▶ **Task to complete**
Go through the entries below and print, exactly, the lines starting at the one with "of the model." and ending at the one with "pub fn bodies_in<'a>(alloc: Global, table: &Table<'a>)", keeping both ends and no others.

(Stored entries)
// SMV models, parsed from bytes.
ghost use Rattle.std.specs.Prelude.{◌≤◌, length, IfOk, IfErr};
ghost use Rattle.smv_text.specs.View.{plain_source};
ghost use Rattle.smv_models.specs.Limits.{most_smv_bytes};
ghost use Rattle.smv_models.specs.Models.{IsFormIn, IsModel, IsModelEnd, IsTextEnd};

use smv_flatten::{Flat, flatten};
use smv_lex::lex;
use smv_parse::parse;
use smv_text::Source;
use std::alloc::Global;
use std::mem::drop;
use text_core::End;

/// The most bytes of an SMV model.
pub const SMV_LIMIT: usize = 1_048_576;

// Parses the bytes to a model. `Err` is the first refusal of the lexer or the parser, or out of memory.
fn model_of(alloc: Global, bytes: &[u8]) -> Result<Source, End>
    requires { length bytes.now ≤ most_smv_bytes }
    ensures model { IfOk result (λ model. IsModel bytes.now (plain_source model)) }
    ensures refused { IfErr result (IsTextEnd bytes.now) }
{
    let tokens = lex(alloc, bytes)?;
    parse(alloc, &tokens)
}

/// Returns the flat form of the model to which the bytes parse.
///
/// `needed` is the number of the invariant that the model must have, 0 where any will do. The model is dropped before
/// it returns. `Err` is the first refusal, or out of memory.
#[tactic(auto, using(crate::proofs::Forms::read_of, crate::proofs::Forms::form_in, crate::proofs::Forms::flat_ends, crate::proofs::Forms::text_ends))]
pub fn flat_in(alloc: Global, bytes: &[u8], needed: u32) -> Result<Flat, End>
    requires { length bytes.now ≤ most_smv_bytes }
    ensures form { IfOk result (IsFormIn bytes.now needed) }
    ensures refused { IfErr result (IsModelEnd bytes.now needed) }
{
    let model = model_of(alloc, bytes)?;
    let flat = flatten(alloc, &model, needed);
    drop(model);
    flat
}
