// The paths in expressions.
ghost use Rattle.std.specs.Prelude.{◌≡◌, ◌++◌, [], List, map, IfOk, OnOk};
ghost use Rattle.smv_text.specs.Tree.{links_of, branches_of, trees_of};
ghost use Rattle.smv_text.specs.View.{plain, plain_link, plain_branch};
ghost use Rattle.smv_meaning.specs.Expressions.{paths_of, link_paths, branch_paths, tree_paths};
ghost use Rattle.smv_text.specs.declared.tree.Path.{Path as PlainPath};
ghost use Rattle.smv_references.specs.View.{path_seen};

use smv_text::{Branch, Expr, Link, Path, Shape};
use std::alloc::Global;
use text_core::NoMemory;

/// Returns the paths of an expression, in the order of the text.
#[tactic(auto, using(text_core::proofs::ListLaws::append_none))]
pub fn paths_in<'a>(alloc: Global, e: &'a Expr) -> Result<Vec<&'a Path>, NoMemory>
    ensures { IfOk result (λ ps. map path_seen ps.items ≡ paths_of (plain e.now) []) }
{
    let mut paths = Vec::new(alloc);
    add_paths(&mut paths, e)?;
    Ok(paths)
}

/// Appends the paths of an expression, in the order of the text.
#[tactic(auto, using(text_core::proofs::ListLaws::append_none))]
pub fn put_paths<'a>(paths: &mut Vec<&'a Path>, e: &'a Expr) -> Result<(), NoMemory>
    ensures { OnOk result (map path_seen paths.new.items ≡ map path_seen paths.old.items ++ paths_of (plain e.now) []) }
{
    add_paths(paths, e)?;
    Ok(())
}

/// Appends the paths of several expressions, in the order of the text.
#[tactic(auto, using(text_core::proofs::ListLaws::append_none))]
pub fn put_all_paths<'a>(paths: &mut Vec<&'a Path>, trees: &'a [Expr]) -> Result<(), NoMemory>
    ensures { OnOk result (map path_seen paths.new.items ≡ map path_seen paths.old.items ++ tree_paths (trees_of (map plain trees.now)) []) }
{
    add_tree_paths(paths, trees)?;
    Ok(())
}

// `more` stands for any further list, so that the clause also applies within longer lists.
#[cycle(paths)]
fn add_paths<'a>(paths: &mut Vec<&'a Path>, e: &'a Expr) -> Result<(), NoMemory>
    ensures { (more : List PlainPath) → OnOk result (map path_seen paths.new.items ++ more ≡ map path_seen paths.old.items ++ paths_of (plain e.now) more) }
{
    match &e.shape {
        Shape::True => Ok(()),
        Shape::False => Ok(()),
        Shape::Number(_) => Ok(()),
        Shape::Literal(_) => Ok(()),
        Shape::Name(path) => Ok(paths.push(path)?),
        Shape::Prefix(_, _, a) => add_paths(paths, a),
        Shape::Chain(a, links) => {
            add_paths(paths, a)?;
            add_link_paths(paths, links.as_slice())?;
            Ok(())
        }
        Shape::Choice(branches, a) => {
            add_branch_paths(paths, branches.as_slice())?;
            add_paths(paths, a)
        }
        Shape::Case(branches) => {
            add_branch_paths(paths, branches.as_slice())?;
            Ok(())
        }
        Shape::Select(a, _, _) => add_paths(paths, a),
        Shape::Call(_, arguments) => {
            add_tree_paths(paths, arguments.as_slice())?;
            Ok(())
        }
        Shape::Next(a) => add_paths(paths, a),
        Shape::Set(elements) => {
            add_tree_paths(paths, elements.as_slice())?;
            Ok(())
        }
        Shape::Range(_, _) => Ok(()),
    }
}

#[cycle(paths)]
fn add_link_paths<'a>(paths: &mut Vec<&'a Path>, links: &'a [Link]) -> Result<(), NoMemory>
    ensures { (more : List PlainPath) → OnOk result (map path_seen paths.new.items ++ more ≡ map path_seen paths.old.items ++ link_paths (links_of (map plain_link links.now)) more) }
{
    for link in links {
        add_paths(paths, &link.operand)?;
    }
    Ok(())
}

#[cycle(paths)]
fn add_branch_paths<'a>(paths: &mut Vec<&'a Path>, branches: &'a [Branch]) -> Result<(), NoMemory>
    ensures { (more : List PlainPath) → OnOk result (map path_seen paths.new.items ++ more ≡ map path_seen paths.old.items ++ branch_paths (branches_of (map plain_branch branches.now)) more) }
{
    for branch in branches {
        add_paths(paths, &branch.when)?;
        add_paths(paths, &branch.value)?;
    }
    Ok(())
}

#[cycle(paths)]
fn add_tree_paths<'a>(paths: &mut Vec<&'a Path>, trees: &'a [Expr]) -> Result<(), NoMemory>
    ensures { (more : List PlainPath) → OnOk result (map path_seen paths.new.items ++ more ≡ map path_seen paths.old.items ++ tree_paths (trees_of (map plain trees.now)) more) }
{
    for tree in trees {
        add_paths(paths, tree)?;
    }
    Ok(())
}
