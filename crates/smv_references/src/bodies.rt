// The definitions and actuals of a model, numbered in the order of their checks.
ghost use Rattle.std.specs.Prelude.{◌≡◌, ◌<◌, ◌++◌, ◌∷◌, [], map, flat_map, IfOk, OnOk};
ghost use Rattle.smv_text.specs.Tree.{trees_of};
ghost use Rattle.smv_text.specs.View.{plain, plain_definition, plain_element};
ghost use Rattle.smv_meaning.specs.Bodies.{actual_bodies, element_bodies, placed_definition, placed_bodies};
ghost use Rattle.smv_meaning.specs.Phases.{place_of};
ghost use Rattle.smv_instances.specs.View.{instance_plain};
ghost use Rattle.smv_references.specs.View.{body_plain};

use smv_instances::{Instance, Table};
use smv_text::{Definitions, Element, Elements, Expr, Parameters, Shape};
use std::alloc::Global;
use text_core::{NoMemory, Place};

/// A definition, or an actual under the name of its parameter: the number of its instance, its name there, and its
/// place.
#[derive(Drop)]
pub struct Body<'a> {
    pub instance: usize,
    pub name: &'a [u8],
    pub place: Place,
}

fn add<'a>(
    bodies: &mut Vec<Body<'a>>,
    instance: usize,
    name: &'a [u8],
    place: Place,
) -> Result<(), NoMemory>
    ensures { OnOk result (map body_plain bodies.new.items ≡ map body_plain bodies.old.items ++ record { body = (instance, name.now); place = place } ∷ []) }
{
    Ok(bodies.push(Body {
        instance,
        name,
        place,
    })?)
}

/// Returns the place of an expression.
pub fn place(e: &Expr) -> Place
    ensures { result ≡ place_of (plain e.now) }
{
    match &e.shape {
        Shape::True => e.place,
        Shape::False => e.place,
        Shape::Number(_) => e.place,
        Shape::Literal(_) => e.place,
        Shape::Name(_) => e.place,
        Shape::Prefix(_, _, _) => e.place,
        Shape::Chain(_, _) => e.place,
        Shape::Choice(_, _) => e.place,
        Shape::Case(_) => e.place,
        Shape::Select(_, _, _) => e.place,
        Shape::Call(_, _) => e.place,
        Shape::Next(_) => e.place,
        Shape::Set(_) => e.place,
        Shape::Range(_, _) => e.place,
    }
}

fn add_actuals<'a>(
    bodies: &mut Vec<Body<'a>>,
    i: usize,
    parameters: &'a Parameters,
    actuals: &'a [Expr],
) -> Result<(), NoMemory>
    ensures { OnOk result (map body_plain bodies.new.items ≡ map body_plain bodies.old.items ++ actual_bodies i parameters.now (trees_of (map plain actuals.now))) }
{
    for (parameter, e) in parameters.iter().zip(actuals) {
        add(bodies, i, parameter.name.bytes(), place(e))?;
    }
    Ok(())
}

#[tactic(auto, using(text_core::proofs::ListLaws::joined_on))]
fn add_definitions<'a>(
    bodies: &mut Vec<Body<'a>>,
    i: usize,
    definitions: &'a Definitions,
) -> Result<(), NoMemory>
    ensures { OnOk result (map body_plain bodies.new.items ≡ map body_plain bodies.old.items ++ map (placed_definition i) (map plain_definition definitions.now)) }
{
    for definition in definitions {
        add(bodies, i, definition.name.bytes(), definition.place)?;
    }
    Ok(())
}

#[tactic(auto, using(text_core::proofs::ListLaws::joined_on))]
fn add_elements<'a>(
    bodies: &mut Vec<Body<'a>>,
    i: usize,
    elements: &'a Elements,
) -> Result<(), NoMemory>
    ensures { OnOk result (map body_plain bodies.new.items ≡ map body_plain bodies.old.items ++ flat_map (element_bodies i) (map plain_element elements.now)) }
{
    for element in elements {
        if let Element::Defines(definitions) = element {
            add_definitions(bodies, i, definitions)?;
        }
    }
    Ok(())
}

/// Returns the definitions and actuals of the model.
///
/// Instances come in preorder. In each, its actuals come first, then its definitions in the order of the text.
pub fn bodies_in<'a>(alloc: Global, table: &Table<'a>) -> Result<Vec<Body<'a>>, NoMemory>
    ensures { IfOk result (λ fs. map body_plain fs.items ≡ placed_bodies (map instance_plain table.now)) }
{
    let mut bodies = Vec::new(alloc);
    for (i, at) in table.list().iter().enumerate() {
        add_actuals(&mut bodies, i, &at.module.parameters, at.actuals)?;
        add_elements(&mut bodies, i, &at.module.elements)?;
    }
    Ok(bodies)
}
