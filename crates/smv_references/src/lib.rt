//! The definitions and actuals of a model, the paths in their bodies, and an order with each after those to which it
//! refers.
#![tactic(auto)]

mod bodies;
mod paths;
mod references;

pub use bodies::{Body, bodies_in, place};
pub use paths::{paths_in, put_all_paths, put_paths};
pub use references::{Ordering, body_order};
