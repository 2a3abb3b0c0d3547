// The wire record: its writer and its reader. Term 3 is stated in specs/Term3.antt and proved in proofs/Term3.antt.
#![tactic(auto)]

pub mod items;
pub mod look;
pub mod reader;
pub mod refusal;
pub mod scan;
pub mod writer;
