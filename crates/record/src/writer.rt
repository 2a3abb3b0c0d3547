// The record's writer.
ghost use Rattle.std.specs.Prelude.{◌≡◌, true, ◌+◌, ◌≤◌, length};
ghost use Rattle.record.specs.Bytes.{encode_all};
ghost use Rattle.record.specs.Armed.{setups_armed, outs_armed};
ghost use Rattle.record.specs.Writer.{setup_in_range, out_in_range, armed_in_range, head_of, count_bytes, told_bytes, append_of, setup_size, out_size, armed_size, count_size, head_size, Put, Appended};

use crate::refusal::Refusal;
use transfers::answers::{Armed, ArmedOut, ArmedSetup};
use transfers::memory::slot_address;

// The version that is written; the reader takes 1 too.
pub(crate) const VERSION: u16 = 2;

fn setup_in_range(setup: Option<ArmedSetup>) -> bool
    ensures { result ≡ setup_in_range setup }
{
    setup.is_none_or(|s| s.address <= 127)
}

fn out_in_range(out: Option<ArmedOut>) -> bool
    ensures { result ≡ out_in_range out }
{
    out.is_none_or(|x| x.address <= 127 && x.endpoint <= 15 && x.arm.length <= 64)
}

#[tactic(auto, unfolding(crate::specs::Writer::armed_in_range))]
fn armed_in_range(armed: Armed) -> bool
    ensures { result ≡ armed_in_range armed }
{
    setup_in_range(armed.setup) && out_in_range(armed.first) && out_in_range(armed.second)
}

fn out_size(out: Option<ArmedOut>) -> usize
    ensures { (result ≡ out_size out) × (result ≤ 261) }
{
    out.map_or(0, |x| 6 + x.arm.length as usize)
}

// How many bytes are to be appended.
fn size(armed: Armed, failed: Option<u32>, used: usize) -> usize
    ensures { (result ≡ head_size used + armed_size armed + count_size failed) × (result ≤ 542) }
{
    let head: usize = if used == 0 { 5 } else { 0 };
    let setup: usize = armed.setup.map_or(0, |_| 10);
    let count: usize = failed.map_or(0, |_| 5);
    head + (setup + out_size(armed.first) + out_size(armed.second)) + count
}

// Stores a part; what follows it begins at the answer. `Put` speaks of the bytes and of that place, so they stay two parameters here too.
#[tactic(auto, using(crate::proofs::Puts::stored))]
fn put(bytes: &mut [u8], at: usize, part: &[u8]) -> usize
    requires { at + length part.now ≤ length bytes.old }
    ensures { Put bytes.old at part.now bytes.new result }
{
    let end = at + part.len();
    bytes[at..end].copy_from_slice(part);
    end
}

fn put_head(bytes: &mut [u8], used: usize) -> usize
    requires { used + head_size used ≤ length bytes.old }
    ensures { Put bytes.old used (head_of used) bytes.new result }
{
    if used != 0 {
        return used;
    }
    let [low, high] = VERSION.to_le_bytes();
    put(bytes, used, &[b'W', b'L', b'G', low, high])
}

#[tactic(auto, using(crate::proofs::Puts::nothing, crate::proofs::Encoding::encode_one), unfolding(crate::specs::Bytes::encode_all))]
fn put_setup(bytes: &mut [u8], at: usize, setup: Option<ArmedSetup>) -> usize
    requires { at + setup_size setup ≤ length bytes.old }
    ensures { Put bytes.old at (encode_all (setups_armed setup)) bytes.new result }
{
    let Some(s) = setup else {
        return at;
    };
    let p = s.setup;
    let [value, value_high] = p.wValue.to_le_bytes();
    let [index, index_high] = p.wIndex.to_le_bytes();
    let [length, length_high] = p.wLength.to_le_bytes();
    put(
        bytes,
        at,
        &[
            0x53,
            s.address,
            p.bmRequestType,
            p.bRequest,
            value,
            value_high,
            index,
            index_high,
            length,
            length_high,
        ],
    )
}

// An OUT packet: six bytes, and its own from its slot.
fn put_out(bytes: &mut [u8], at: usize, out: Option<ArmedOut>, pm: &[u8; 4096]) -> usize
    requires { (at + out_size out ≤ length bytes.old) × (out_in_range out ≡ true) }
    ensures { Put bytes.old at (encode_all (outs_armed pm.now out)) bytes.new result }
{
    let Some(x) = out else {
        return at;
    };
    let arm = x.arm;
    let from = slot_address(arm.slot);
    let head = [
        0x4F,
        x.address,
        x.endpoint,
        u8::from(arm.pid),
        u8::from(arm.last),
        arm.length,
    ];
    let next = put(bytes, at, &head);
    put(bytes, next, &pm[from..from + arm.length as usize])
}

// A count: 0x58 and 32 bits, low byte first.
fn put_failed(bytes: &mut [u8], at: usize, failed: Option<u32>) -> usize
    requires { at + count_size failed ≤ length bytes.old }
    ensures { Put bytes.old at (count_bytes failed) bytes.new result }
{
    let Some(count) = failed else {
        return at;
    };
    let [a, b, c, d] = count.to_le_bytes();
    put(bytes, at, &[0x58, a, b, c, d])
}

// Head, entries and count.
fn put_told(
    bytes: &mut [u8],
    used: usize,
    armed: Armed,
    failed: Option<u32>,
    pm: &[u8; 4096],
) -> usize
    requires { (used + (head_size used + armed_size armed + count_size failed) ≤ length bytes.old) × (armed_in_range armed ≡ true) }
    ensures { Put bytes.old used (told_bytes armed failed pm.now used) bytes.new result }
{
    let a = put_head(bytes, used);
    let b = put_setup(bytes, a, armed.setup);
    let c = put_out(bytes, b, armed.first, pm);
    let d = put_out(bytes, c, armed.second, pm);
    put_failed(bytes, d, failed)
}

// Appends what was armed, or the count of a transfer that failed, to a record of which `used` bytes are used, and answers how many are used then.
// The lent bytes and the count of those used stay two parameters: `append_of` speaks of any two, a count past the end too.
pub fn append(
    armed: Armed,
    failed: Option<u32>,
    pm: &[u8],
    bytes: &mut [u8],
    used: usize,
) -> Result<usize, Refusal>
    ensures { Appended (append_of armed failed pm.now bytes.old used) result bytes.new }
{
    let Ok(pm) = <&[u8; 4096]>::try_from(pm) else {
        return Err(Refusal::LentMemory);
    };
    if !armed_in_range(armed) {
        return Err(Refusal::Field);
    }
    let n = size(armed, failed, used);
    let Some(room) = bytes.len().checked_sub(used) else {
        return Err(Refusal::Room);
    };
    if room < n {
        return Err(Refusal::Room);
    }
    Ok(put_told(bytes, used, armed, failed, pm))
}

▶ **Problem solution**
/// Returns the definitions and actuals of the model.
///
/// Instances come in preorder. In each, its actuals come first, then its definitions in the order of the text.
pub fn bodies_in<'a>(alloc: Global, table: &Table<'a>) -> Result<Vec<Body<'a>>, NoMemory>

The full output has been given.